Israel has always stood out like a sore thumb among the goyim.
They were a nation that didn’t practice child sacrifice.
Sexual deviancy was NOT part of their worship practices.
And they believed in holding to a standard of faith, as David did when he refused to kill King Saul.
Here’s another way to look at the validity of your faith…
If there ain’t much difference between how you live your life and how the world operates…
Some serious self-examination is in order, my friend.
CONNECTING THIS TEACHING TO THE NEW TESTAMENT
“I have given them your word,
and the world hated them,
because they do not belong to the world
— just as I myself do not belong to the world.
I don’t ask you to take them out of the world,
but to protect them from the Evil One.
They do not belong to the world,
just as I do not belong to the world.
Set them apart for holiness
by means of the truth — your word is truth.

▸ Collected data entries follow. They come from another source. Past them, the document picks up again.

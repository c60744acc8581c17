//! The model of CLI metadata (ECMA-335 II.22 to II.25): valid tables. The tables of each accepted root are valid too.
//! A model owns its content, so the bytes that it was loaded from may be dropped.
//!
//! [`Model::from_tables`] succeeds if and only if the [`Tables`] are valid, and does not allocate. Otherwise it returns
//! them with the first rule that they break. [`Model::of_valid`] takes tables that are known to be valid, and checks
//! nothing. A contract sees a model by its value, so `==` compares versions, user bytes and cells. Runs of members,
//! types by name, rows by key and records of rows are those of a root that is opened in place, by the same code. They
//! do not allocate.
//!
//! [`load_root`] and [`load_image`] return the one model of a metadata root or a file, if it has one.
//! Otherwise they return the fault that opening it returns. They are out of memory only if there is a model.
//! [`ToModel`] makes the model of a view that is already open. A load checks nothing that opening checked.
//!
//! [`rows`] goes over the records of a table of a view or of a model, [`row`] returns one, and [`resolve`] the one that a
//! reference names. They are written once, over [`ReadRows`]. What records hold lives as long as what they are read from:
//! of a view, as long as the bytes that were opened. Nothing is copied or allocated. In place, a signature is its blob.
//! [`cells_of`] returns the cells of one row of a view, whichever table it is in.
//!
//! ```text
//! let (header, model) = load_image(alloc, &file)?;
//! let model = open_root(&root)?.model(alloc)?;
//! for class in rows::<TypeDef, _>(&view) { class.type_name }
//! let method = row::<MethodDef<_>, _>(&model, 1)?; // None if there is no such row
//! match Model::from_tables(tables) {
//!     Ok(model) => model.fields_of(model.find_type("System", "Object")?),
//!     Err((refusal, tables)) => // `refusal.code` of the cell at `refusal.table`, `.row`, `.column`
//! }
//! ```
#![tactic(auto)]

mod cell;
mod coded_rows;
mod error;
pub mod laws;
mod load;
mod lookups;
mod metadata_held;
mod records_left;
mod ref_row;
mod row_values;
mod rows_held;
mod rows_read;
mod table_rows;
mod to_model;
mod valid_model;

pub use coded_rows::resolve;
pub use error::LoadError;
pub use load::{load_image, load_root};
pub use metadata_source::{KeysOf, MemberList, ReadCells, ReadMetadata, SignatureBytes};
pub use reading::{KeyNumbers, KeyRows};
pub use records_left::{Records, row, rows};
pub use ref_row::RefRow;
pub use row_values::cells_of;
pub use rows_read::ReadRows;
pub use tables::{Bytes, Cell, Refusal, Row, Signature, TableId, Tables, Text, Token};
pub use to_model::ToModel;
pub use valid_model::Model;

Just as you sent me into the world,
I have sent them into the world.
On their behalf I am setting
myself apart for holiness,
so that they too may be set apart
for holiness by means of the truth.”
-John 17:14-19
Cory Haffly says
After that magnanimous non-act no one would have expected David to steal Uriah’s wife and have him killed. I guess David didn’t know himself that well. And yes he repented and God forgave him but he lost his mind and was never the same after that. And yet God holds him up as a man after God’s own heart. God is very forgiving but He allows us to reap what we sow so His name is not mocked.
Steven R Bruck says
The world serves as a measuring device for the faithful: if the world likes it, God probably doesn’t.
richoka says
Yup.
richoka says
True. We may be forgiven but we’ll pay the consequences. I’ve experienced this in my own life.